%%
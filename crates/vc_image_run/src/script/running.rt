ghost use Rattle.std.specs.Prelude.{◌≡◌, None, false, map};
ghost use Rattle.vc_image_run.specs.Script.Promises.{Saves};
ghost use Rattle.vc_script.specs.Cutting.{new_cutting};
ghost use Rattle.vc_script.specs.declared.tool.Tool.TheVariants.{Dtrun};
ghost use Rattle.vc_session.specs.Arming.{IsVersionOne, KeepsLent, RunsArming};
ghost use Rattle.vc_session.specs.ProperState.{IsProperOver};
ghost use Rattle.vc_session.specs.Streams.{flows};
ghost use Rattle.vc_steps.specs.Moment.{moment_at_end, moment_at_rest};

use crate::script::ScriptFault;
use crate::script::image::image_of_session;
use indexmap::IndexMap;
use std::alloc::Global;
use vc_base::{MemSink, Sink, Source};
use vc_dtdisc::DictDisc;
use vc_script::{LineCutter, Tool};
use vc_seg::{BoxedDisc, SegDisc, Shelf};
use vc_session::{Session, run_script};
use vc_words::Words;

// No word is given to the tool.
const PLAIN: Words = Words {
    quiet: false,
    stat: false,
    generate: None,
    seed: 0,
};

// Runs a script over a session that arms no discipline yet, and makes the image of the first region that it leaves open.
pub(crate) fn run_and_save<D: DictDisc, S: Source, O: Sink>(
    alloc: Global,
    session: &mut Session<D>,
    shelf: &mut Shelf,
    kinds: &mut Vec<D>,
    source: &mut S,
    out: &mut O,
    cutter: &mut LineCutter,
) -> Result<MemSink, ScriptFault>
    requires session { IsProperOver state D.rules shelf.old session.old kinds.old.items }
    requires unarmed { session.old.is_armed ≡ false }
    requires new { cutter.old ≡ new_cutting }
    ensures { RunsArming state D.rules D.gone shelf.old session.old kinds.old.items
        shelf.new session.new kinds.new.items
        (λ start last. Saves (map D.rules kinds.new.items) result start (moment_at_end last)
        (flows S.left S.failures O.written O.failures source.old out.old)
        (flows S.left S.failures O.written O.failures source.new out.new)) }
{
    let ran = run_script(
        alloc,
        Tool::Dtrun,
        &PLAIN,
        session,
        shelf,
        kinds,
        source,
        out,
        cutter,
    );
    match ran {
        Ok(bad) => match bad {
            None => image_of_session(alloc, session, kinds),
            Some((n, fault)) => Err(ScriptFault::Line(n, fault)),
        },
        Err(stop) => Err(stop.into()),
    }
}

/// Runs the script that a source gives as dtrun does without words, over the disciplines of a shelf and kinds of
/// dictionaries, and answers the image of the first region that it leaves open, in order of opening, with the dictionaries
/// that lie in it, in order of opening; which dictionary views which isn't saved. The image is sound for these kinds. The
/// replies are written to `out`, whether there is an image or not. At the end every dictionary is shut and every region
/// closed, whatever came of it. The script's `vc 2` is taken as dtrun takes it. Besides what the run needs it takes memory
/// for the image, at most 17,420 bytes more than the region's segments have, and then as `unsound_part` does. This project's
/// own.
pub fn image_of_script<D: DictDisc, S: Source, O: Sink>(
    alloc: Global,
    shelf: &mut Shelf,
    kinds: &mut Vec<D>,
    source: &mut S,
    out: &mut O,
) -> Result<MemSink, ScriptFault>
    ensures saves { Saves (map D.rules kinds.old.items) result
        (moment_at_rest state D.rules D.gone shelf.old kinds.old.items)
        (moment_at_rest state D.rules D.gone shelf.new kinds.new.items)
        (flows S.left S.failures O.written O.failures source.old out.old)
        (flows S.left S.failures O.written O.failures source.new out.new) }
    ensures keeps { KeepsLent state D.rules D.gone (IsVersionOne None Dtrun (S.left source.old))
        shelf.old kinds.old.items shelf.new kinds.new.items }
{
    let Ok(mut cutter) = LineCutter::new(alloc) else {
        return Err(ScriptFault::Memory);
    };
    let Ok(mut session) = Session::<D>::over(alloc, Tool::Dtrun, IndexMap::new(alloc)) else {
        return Err(ScriptFault::Memory);
    };
    let image = run_and_save(alloc, &mut session, shelf, kinds, source, out, &mut cutter);
    session.end(shelf, kinds);
    image
}
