impl Dict {
    /// A dictionary of no holders, with no current one and no table, for a set or bag too. After Cdt's dtopen.
    pub fn new(method: DictMethod, kind: u32) -> Dict
        ensures dict { (rules : Rules) (blocks : Blocks) → Stands rules result blocks [] }
        ensures method { result.method ≡ method }
        ensures kind { result.kind ≡ kind }
        ensures current { result.current.0 ≡ 0 }
        ensures table { (table_in result).0 ≡ 0 }
        ensures slots { slots_in result ≡ 0 }
    {
        Dict {
            method,
            kind,
            count: 0,
            current: Addr::NONE,
            heads: Form::new(method),
        }
    }

    /// How many slots the table has: 16, doubled at most 17 times, or 0 without one, as in every method but sets and
    /// bags. This project's own.
    pub fn slots(&self) -> u32
        ensures { result ≡ slots_in self.now }
    {
        self.heads.slots()
    }

    /// The table, a block of 8 bytes for each slot, or `Addr::NONE` without one, as in every method but sets and bags.
    /// This project's own.
    pub fn table(&self) -> Addr
        ensures { result ≡ table_in self.now }
    {
        self.heads.table()
    }

    /// The slots wanted before so many more objects are added, as `DtHash` tells: those of a first table for these, or
    /// twice those that are there. None where they are enough, where there are 2,097,152, or where the method has no
    /// table. This project's own.
    pub fn wants_table(&self, more: u64) -> Option<u32>
        ensures { result ≡ wanted_by self.now.method (slots_in self.now) self.now.count more }
    {
        if self.method.has_table() {
            self.heads.wants_table(self.count, more)
        } else {
            None
        }
    }

    /// Takes a block as the table of a set or bag, and answers the table before, or `Addr::NONE` where there was none.
    /// The block has 8 bytes for each slot and is neither a holder nor the table; there are 16 slots, doubled at most
    /// 17 times, and at most two objects for each, unless there are 2,097,152. This project's own.
    pub fn adopt_table<C: Cells, D: DictDisc>(
        &mut self,
        cells: &mut C,
        kind: &D,
        table: Addr,
        slots: u32,
    ) -> Addr
        requires { CanAdopt (D.rules kind.now) self.old (C.blocks cells.old) table.0 slots }
        ensures old { result ≡ table_in self.old }
        ensures dict { (holders : List ℕ)
            → Stands (D.rules kind.now) self.old (C.blocks cells.old) holders
            → Adopted (D.rules kind.now) table.0 slots holders self.old (C.blocks cells.old)
            self.new (C.blocks cells.new) }
        ensures rest { C.RestStays cells.old cells.new }
    {
        match &mut self.heads {
            Form::Hash(hash) => hash.adopt_table(cells, kind, table, slots),
            _ => unreachable!(),
        }
    }

    /// Puts a holder where `insert` does, or `append`, which is for lists, and makes it current. It has at least 33
    /// bytes and is neither in the dictionary nor its table; the current one is none or in it. A set or bag has a table,
    /// and `wants_table(1)` is none; in a set or ordered set no object matches. It compares at most as many times as there
    /// are holders. After Cdt's dtinsert and dtappend.
    pub fn link<C: Cells, D: DictDisc, L>(
        &mut self,
        cells: &mut C,
        kind: &D,
        at: Addr,
        append: bool,
        steps: &mut Steps<L>,
    )
        requires { CanLink (D.rules kind.now) self.old (C.blocks cells.old) at.0 append }
        ensures dict { (holders : List ℕ)
            → Stands (D.rules kind.now) self.old (C.blocks cells.old) holders
            → Became (D.rules kind.now) (at.0 ∷ holders) self.old (C.blocks cells.old) self.new
            (C.blocks cells.new)
            (order_by_link append self.old.method (D.rules kind.now) (C.blocks cells.old)
            self.old.current.0 at.0 holders)
            at.0 }
        ensures steps { (holders : List ℕ)
            → Stands (D.rules kind.now) self.old (C.blocks cells.old) holders
            → steps.new ≤ steps.old + length holders }
        ensures rest { C.RestStays cells.old cells.new }
    {
        self.heads
            .link(cells, kind, self.method, self.current, at, append, steps);
        self.count += 1;
        self.current = at;
    }

    /// The first holder whose object has that key, or none where no object has it. A set or bag makes at most as many
    /// compares as there are holders whose hash belongs to the key's slot, any other at most as many as there are holders.
    /// It isn't made current. After Cdt's dtsearch and dtmatch.
    pub fn find<C: Cells, D: DictDisc, L>(
        &mut self,
        cells: &mut C,
        kind: &D,
        key: &[u8],
        steps: &mut Steps<L>,
    ) -> Option<Addr>
        requires { IsDict (D.rules kind.now) self.old (C.blocks cells.old) }
        ensures found { (holders : List ℕ)
            → Stands (D.rules kind.now) self.old (C.blocks cells.old) holders
            → Finds (D.rules kind.now) (C.blocks cells.old) key.now holders result
            steps.old steps.new }
        ensures compares { (holders : List ℕ)
            → Stands (D.rules kind.now) self.old (C.blocks cells.old) holders
            → steps.new ≤ steps.old
            + compares_by (D.rules kind.now) self.old (C.blocks cells.old) key.now holders }
        ensures dict { (holders : List ℕ)
            → Stands (D.rules kind.now) self.old (C.blocks cells.old) holders
            → Became (D.rules kind.now) holders self.old (C.blocks cells.old) self.new
            (C.blocks cells.new) holders self.old.current.0 }
        ensures rest { C.RestStays cells.old cells.new }
    {
        self.look(cells, kind, key, false, steps)
    }

    // The same, for a caller that unlinks what is found or not.
    fn look<C: Cells, D: DictDisc, L>(
        &mut self,
        cells: &mut C,
        kind: &D,
        key: &[u8],
        unlinks: bool,
        steps: &mut Steps<L>,
    ) -> Option<Addr>
        requires { IsDict (D.rules kind.now) self.old (C.blocks cells.old) }
        ensures found { (holders : List ℕ)
            → Stands (D.rules kind.now) self.old (C.blocks cells.old) holders
            → Finds (D.rules kind.now) (C.blocks cells.old) key.now holders result
            steps.old steps.new }
        ensures compares { (holders : List ℕ)
            → Stands (D.rules kind.now) self.old (C.blocks cells.old) holders
            → steps.new ≤ steps.old
            + compares_by (D.rules kind.now) self.old (C.blocks cells.old) key.now holders }
        ensures dict { (holders : List ℕ)
            → Stands (D.rules kind.now) self.old (C.blocks cells.old) holders
            → Became (D.rules kind.now) holders self.old (C.blocks cells.old) self.new
            (C.blocks cells.new) holders self.old.current.0 }
        ensures rest { C.RestStays cells.old cells.new }
    {
        self.heads.find(cells, kind, key, unlinks, steps)
    }

    /// The first holder, or none where there are none. It isn't made current. After Cdt's dtfirst.
    pub fn first<C: Cells>(&self, cells: &C) -> Option<Addr>
        requires { IsKept self.now (C.blocks cells.now) }
        ensures { (rules : Rules) (holders : List ℕ)
            → Stands rules self.now (C.blocks cells.now) holders
            → option_map number_of result ≡ first_in holders }
    {
        self.heads.first(cells)
    }

    /// The last holder, or none where there are none. It isn't made current. After Cdt's dtlast.
    pub fn last<C: Cells>(&self, cells: &C) -> Option<Addr>
        requires { IsKept self.now (C.blocks cells.now) }
        ensures { (rules : Rules) (holders : List ℕ)
            → Stands rules self.now (C.blocks cells.now) holders
            → option_map number_of result ≡ last_in holders }
    {
        self.heads.last(cells)
    }

    /// The holder behind one of the dictionary, or none behind the last. It isn't made current. After Cdt's dtnext.
    pub fn next<C: Cells>(&self, cells: &C, at: Addr) -> Option<Addr>
        requires { IsIn self.now (C.blocks cells.now) at.0 }
        ensures { (rules : Rules) (holders : List ℕ)
            → Stands rules self.now (C.blocks cells.now) holders
            → option_map number_of result ≡ next_in at.0 holders }
    {
        self.heads.next(cells, at)
    }

    /// The holder before one of the dictionary, or none before the first. It isn't made current. After Cdt's dtprev.
    pub fn prev<C: Cells>(&self, cells: &C, at: Addr) -> Option<Addr>
        requires { IsIn self.now (C.blocks cells.now) at.0 }
        ensures { (rules : Rules) (holders : List ℕ)
            → Stands rules self.now (C.blocks cells.now) holders
            → option_map number_of result ≡ previous_in None at.0 holders }
    {
        self.heads.prev(cells, at)
    }

    // Makes the one behind a holder current, or none, where that holder is.
    fn leave<C: Cells>(&mut self, cells: &C, at: Addr)
        requires { IsIn self.old (C.blocks cells.now) at.0 }
        ensures current { (rules : Rules) (holders : List ℕ)
            → Stands rules self.old (C.blocks cells.now) holders
            → self.new.current.0 ≡ current_without (Some at.0) self.old.current.0 holders }
        ensures same { self.new ≡ record self.old { current = self.new.current } }
    {
        if self.current == at {
            self.current = self.next(cells, at).unwrap_or(Addr::NONE);
        }
    }

    // Takes a holder out, and leaves the current one.
    fn unlink_heads<C: Cells, D: DictDisc>(&mut self, cells: &mut C, kind: &D, at: Addr)
        requires { IsMember (D.rules kind.now) self.old (C.blocks cells.old) at.0 }
        ensures { ChangesIn C.blocks C.RestStays cells.old cells.new
            (λ old new. (holders : List ℕ) → Stands (D.rules kind.now) self.old old holders
            → Became (D.rules kind.now) holders self.old old self.new new (without at.0 holders)
            self.old.current.0) }
    {
        self.heads.unlink(cells, kind, at);
        self.count -= 1;
    }

    // Takes out the holder that was found, if any.
    fn remove<C: Cells, D: DictDisc>(&mut self, cells: &mut C, kind: &D, found: Option<Addr>)
        requires dict { IsDict (D.rules kind.now) self.old (C.blocks cells.old) }
        requires found { (at : ℕ) → option_map number_of found ≡ Some at
            → IsMember (D.rules kind.now) self.old (C.blocks cells.old) at }
        ensures { ChangesIn C.blocks C.RestStays cells.old cells.new
            (λ old new. (holders : List ℕ) → Stands (D.rules kind.now) self.old old holders
            → Became (D.rules kind.now) holders self.old old self.new new
            (order_without (option_map number_of found) holders)
            (current_without (option_map number_of found) self.old.current.0 holders)) }
    {
        if let Some(at) = found {
            self.leave(cells, at);
            self.unlink_heads(cells, kind, at);
        }
    }

    /// Takes out the first holder whose object has that key, and answers it, by at most as many compares as `find`; none
    /// where no object has it, and nothing changes. Where it was current, the one behind it is, or none. It keeps its bytes
    /// behind the words. After Cdt's dtdelete and dtdetach.
    pub fn unlink<C: Cells, D: DictDisc, L>(
        &mut self,
        cells: &mut C,
        kind: &D,
        key: &[u8],
        steps: &mut Steps<L>,
    ) -> Option<Addr>
        requires { IsDict (D.rules kind.now) self.old (C.blocks cells.old) }
        ensures found { (holders : List ℕ)
            → Stands (D.rules kind.now) self.old (C.blocks cells.old) holders
            → Finds (D.rules kind.now) (C.blocks cells.old) key.now holders result
            steps.old steps.new }
        ensures compares { (holders : List ℕ)
            → Stands (D.rules kind.now) self.old (C.blocks cells.old) holders
            → steps.new ≤ steps.old
            + compares_by (D.rules kind.now) self.old (C.blocks cells.old) key.now holders }
        ensures dict { (holders : List ℕ)
            → Stands (D.rules kind.now) self.old (C.blocks cells.old) holders
            → Became (D.rules kind.now) holders self.old (C.blocks cells.old) self.new
            (C.blocks cells.new) (order_without (option_map number_of result) holders)
            (current_without (option_map number_of result) self.old.current.0 holders) }
        ensures rest { C.RestStays cells.old cells.new }
    {
        let found = self.look(cells, kind, key, true, steps);
        self.remove(cells, kind, found);
        found
    }

    /// Takes out the first holder in every method, and answers it, or none where there are none. Where it was current,
    /// the one behind it is, or none. After Cdt's dtdelete without an object, and dtclear.
    pub fn take_first<C: Cells, D: DictDisc>(&mut self, cells: &mut C, kind: &D) -> Option<Addr>
        requires { IsDict (D.rules kind.now) self.old (C.blocks cells.old) }
        ensures first { (holders : List ℕ)
            → Stands (D.rules kind.now) self.old (C.blocks cells.old) holders
            → option_map number_of result ≡ first_in holders }
        ensures dict { (holders : List ℕ)
            → Stands (D.rules kind.now) self.old (C.blocks cells.old) holders
            → Became (D.rules kind.now) holders self.old (C.blocks cells.old) self.new
            (C.blocks cells.new) (order_without (option_map number_of result) holders)
            (current_without (option_map number_of result) self.old.current.0 holders) }
        ensures rest { C.RestStays cells.old cells.new }
    {
        let found = self.first(cells);
        self.remove(cells, kind, found);
        found
    }
}
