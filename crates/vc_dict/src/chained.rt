ghost use Rattle.std.specs.Prelude.{ℕ, ◌+◌, ◌<◌, ◌≤◌, List, [], true, length};
ghost use Rattle.vc_base.specs.Prelude.{Blocks};
ghost use Rattle.vc_dtlist.specs.Linked.{StandsFor};
ghost use Rattle.vc_dtlist.specs.TableWrites.{ChangesIn};
ghost use Rattle.vc_dthash.specs.declared.dt_hash.DtHash.{DtHash};
ghost use Rattle.vc_dthash.specs.Hashed.{CanChain, list_of};
ghost use Rattle.vc_dict.specs.Orders.{dropped_holders, kept_holders};
ghost use Rattle.vc_dict.specs.Weeding.{CanWeedChain, ChainWeeding, IsSettled, chain_compares};

use crate::pass::take_front;
use crate::weeded::Weeded;
use vc_base::{Addr, Cells, Steps};
use vc_dtdisc::DictDisc;
use vc_dthash::DtHash;
use vc_dtlist::DtList;

// Moves the first holder of a list to those that are dropped where it matches one of its chain, and else to those that
// are kept.
fn weed_one<C: Cells, D: DictDisc, L>(
    left: &mut DtList,
    kept: &mut DtHash,
    dropped: &mut DtList,
    cells: &mut C,
    kind: &D,
    steps: &mut Steps<L>,
)
    requires { CanWeedChain (D.rules kind.now) left.old kept.old dropped.old
        (C.blocks cells.old) }
    ensures { ChangesIn C.blocks C.RestStays cells.old cells.new
        (λ old new. (hash : DtHash) (start : Blocks) (holders : List ℕ) (passed begun : ℕ)
        → passed < length holders
        → ChainWeeding (D.rules kind.now) hash start holders passed left.old kept.old dropped.old
        old begun steps.old
        → ChainWeeding (D.rules kind.now) hash start holders (passed + 1) left.new kept.new
        dropped.new new begun steps.new) }
{
    let at = take_front(left, cells);
    let found = kept.find(cells, kind, kind.key(cells.body(at)), steps);
    if found.is_some() {
        dropped.push_back(cells, at);
    } else {
        kept.link(cells, kind, at);
    }
}

// The holders of a list that match no earlier one, in the chains of a table that has room for all of them and may hold
// anything before, and those that match one. Each is compared with those of its chain at most.
pub(crate) fn weed_chains<C: Cells, D: DictDisc, L>(
    hash: DtHash,
    cells: &mut C,
    kind: &D,
    steps: &mut Steps<L>,
) -> Weeded
    requires { CanChain hash (C.blocks cells.old) }
    ensures weeded { ChangesIn C.blocks C.RestStays cells.old cells.new
        (λ old new. (holders : List ℕ) → StandsFor (list_of hash) old holders
        → IsSettled true (D.rules kind.now) hash holders
        (kept_holders (D.rules kind.now) old [] holders)
        (dropped_holders (D.rules kind.now) old [] holders) old result new) }
    ensures compares { (holders : List ℕ) → StandsFor (list_of hash) (C.blocks cells.old) holders
        → steps.new ≤ steps.old
        + chain_compares (D.rules kind.now) (C.blocks cells.old) hash.slots [] holders }
{
    let mut left = DtList {
        first: hash.first,
        last: hash.last,
    };
    let mut dropped = DtList::new();
    let mut kept = DtHash {
        first: Addr::NONE,
        last: Addr::NONE,
        table: hash.table,
        slots: hash.slots,
        count: 0,
    };
    kept.chain_up(cells, kind);
    for _passed in 0..hash.count {
        weed_one(&mut left, &mut kept, &mut dropped, cells, kind, steps);
    }
    Weeded {
        kept: DtList {
            first: kept.first,
            last: kept.last,
        },
        dropped,
        count: kept.count,
    }
}
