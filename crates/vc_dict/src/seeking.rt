ghost use Rattle.std.specs.Prelude.{◌≡◌, ℕ, List, true};
ghost use Rattle.vc_base.specs.Prelude.{is_ordered};
ghost use Rattle.vc_dtlist.specs.Sought.{Seeks, stands_so};
ghost use Rattle.vc_dtord.specs.Seeking.{SeeksLast, is_below};
ghost use Rattle.vc_dict.specs.Stands.{Became, IsDict, Stands};

use crate::Dict;
use crate::form::Form;
use vc_base::{Addr, Cells, Steps};
use vc_dtdisc::DictDisc;
use vc_dtlist::Sought;

impl Dict {
    /// The first holder of an ordered set or bag whose object's key isn't less than that one, by at most as many compares as
    /// there are holders; none where every key is less. It isn't made current. This project's own.
    pub fn at_least<C: Cells, D: DictDisc, L>(
        &mut self,
        cells: &mut C,
        kind: &D,
        key: &[u8],
        steps: &mut Steps<L>,
    ) -> Option<Addr>
        requires dict { IsDict (D.rules kind.now) self.old (C.blocks cells.old) }
        requires ordered { is_ordered self.old.method ≡ true }
        ensures found { (holders : List ℕ)
            → Stands (D.rules kind.now) self.old (C.blocks cells.old) holders
            → Seeks (stands_so Sought.NotLess (D.rules kind.now) (C.blocks cells.old) key.now)
            holders result steps.old steps.new }
        ensures dict { (holders : List ℕ)
            → Stands (D.rules kind.now) self.old (C.blocks cells.old) holders
            → Became (D.rules kind.now) holders self.old (C.blocks cells.old) self.new
            (C.blocks cells.new) holders self.old.current.0 }
        ensures rest { C.RestStays cells.old cells.new }
    {
        match &mut self.heads {
            Form::Order(ord) => ord.at_least(cells, kind, key, steps),
            _ => unreachable!(),
        }
    }

    /// The first holder of an ordered set or bag whose object's key is greater than that one, by at most as many compares
    /// as there are holders; none where no key is greater. It isn't made current. This project's own.
    pub fn behind<C: Cells, D: DictDisc, L>(
        &mut self,
        cells: &mut C,
        kind: &D,
        key: &[u8],
        steps: &mut Steps<L>,
    ) -> Option<Addr>
        requires dict { IsDict (D.rules kind.now) self.old (C.blocks cells.old) }
        requires ordered { is_ordered self.old.method ≡ true }
        ensures found { (holders : List ℕ)
            → Stands (D.rules kind.now) self.old (C.blocks cells.old) holders
            → Seeks (stands_so Sought.Greater (D.rules kind.now) (C.blocks cells.old) key.now)
            holders result steps.old steps.new }
        ensures dict { (holders : List ℕ)
            → Stands (D.rules kind.now) self.old (C.blocks cells.old) holders
            → Became (D.rules kind.now) holders self.old (C.blocks cells.old) self.new
            (C.blocks cells.new) holders self.old.current.0 }
        ensures rest { C.RestStays cells.old cells.new }
    {
        match &mut self.heads {
            Form::Order(ord) => ord.behind(cells, kind, key, steps),
            _ => unreachable!(),
        }
    }

    /// The last holder of an ordered set or bag whose object's key is less than that one, by at most as many compares as
    /// there are holders; none where no key is less. It isn't made current. This project's own.
    pub fn before<C: Cells, D: DictDisc, L>(
        &mut self,
        cells: &mut C,
        kind: &D,
        key: &[u8],
        steps: &mut Steps<L>,
    ) -> Option<Addr>
        requires dict { IsDict (D.rules kind.now) self.old (C.blocks cells.old) }
        requires ordered { is_ordered self.old.method ≡ true }
        ensures found { (holders : List ℕ)
            → Stands (D.rules kind.now) self.old (C.blocks cells.old) holders
            → SeeksLast (is_below (D.rules kind.now) (C.blocks cells.old) key.now)
            holders result steps.old steps.new }
        ensures dict { (holders : List ℕ)
            → Stands (D.rules kind.now) self.old (C.blocks cells.old) holders
            → Became (D.rules kind.now) holders self.old (C.blocks cells.old) self.new
            (C.blocks cells.new) holders self.old.current.0 }
        ensures rest { C.RestStays cells.old cells.new }
    {
        match &mut self.heads {
            Form::Order(ord) => ord.before(cells, kind, key, steps),
            _ => unreachable!(),
        }
    }
}
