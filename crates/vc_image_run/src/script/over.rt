ghost use Rattle.std.specs.Prelude.{None};
ghost use Rattle.vc_image_run.specs.Script.Over.{Remakes};
ghost use Rattle.vc_script.specs.declared.tool.Tool.TheVariants.{Dtrun};
ghost use Rattle.vc_session.specs.Arming.{IsVersionOne, KeepsLent};
ghost use Rattle.vc_session.specs.Streams.{flows};
ghost use Rattle.vc_steps.specs.Homes.{slots_on};

use crate::script::OverFault;
use crate::script::running::run_and_save;
use crate::session::{OpenFault, session_of_image};
use std::alloc::Global;
use vc_base::{MemSink, Sink, Source};
use vc_dtdisc::DictDisc;
use vc_image::LoadFault;
use vc_script::LineCutter;
use vc_seg::{BoxedDisc, SegDisc, Shelf};

/// Opens an image over the discipline at a place of a shelf, as `session_of_image` does, runs the script that a source gives
/// as dtrun does without words, with the region and the dictionaries of the image open, and answers the image of what it
/// leaves, as `image_of_script` does: of the first open region, which is that of the image unless the script closes it.
/// Where the image isn't opened nothing is run. At the end every dictionary is shut and every region closed, whatever came of
/// it. This project's own.
pub fn image_over_image<D: DictDisc, S: Source, O: Sink>(
    alloc: Global,
    image: &[u8],
    place: u32,
    shelf: &mut Shelf,
    kinds: &mut Vec<D>,
    source: &mut S,
    out: &mut O,
) -> Result<MemSink, OverFault>
    ensures remakes { Remakes D.rules D.gone place image.now (slots_on state shelf.old) kinds.old.items result
        (slots_on state shelf.new) kinds.new.items
        (flows S.left S.failures O.written O.failures source.old out.old)
        (flows S.left S.failures O.written O.failures source.new out.new) }
    ensures keeps { KeepsLent state D.rules D.gone (IsVersionOne None Dtrun (S.left source.old))
        shelf.old kinds.old.items shelf.new kinds.new.items }
{
    let Ok(mut cutter) = LineCutter::new(alloc) else {
        return Err(OverFault::Open(OpenFault::Load(LoadFault::OutOfMemory)));
    };
    let mut session = match session_of_image(alloc, image, place, shelf, kinds) {
        Ok(session) => session,
        Err(why) => return Err(OverFault::Open(why)),
    };
    let remade = run_and_save(alloc, &mut session, shelf, kinds, source, out, &mut cutter);
    session.end(shelf, kinds);
    match remade {
        Ok(image) => Ok(image),
        Err(why) => Err(OverFault::Script(why)),
    }
}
%%
### ABOUT THIS TASK:
When a line above includes the word "these", please list that line.

### FINISHED TASK:
/// that lie in it, in order of opening; which dictionary views which isn't saved. The image is sound for these kinds. The
    /// The slots wanted before so many more objects are added, as `DtHash` tells: those of a first table for these, or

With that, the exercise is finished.